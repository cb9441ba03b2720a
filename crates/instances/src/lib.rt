// The numbered system of a model's instances: the prepared bodies of its equations, what a word names among
// them, and the right side of a word's instance in a set of instances.
#![tactic(auto)]

ghost use Rattle.std.specs.Prelude.{◌≡◌};
ghost use Rattle.truth.specs.Bits.{bit_of};
ghost use Rattle.words.specs.Unpacked.{equation_number};
ghost use Rattle.prepared.specs.Prepared.{prepared_part};
ghost use Rattle.instances.specs.Sides.{is_true, side_of};

use formulas::Equation;

// The prepared body of the equation that a word names.
pub fn body_of(bodies: &[u8], w: u32) -> &[u8]
    ensures { result.now ≡ prepared_part bodies.now (equation_number w) }
{
    let first = (words::equation_number(w) * 512).min(bodies.len());
    let end = (first + 512).min(bodies.len());
    &bodies[first..end]
}

// Whether a value is true; one that is not known is not.
pub fn is_true(value: Option<bool>) -> bool
    ensures { result ≡ is_true value }
{
    value.unwrap_or(false)
}

// The right side of the instance with the word w; false where it names no equation.
pub fn right_side(
    bodies: &[u8],
    equations: [Equation; 8],
    w: u32,
    table: &[u32],
    truth: &[u64; 8],
) -> Option<bool>
    ensures { result ≡ side_of bodies.now equations table.now
        (bit_of truth.now) w }
{
    let e = words::equation_number(w);
    if 8 <= e {
        return Some(false);
    }
    let scope = words::argument_tuple(w, equations[e].k);
    evaluator::evaluate(body_of(bodies, w), scope, table, truth)
}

• • •

◆ YOUR TASK
Could you please find every line of the listing above holding the string "instances" and copy it?

◆ FINAL ANSWER
filename crates/instances/src/lib.rt
// The numbered system of a model's instances: the prepared bodies of its equations, what a word names among
// them, and the right side of a word's instance in a set of instances.
ghost use Rattle.instances.specs.Sides.{is_true, side_of};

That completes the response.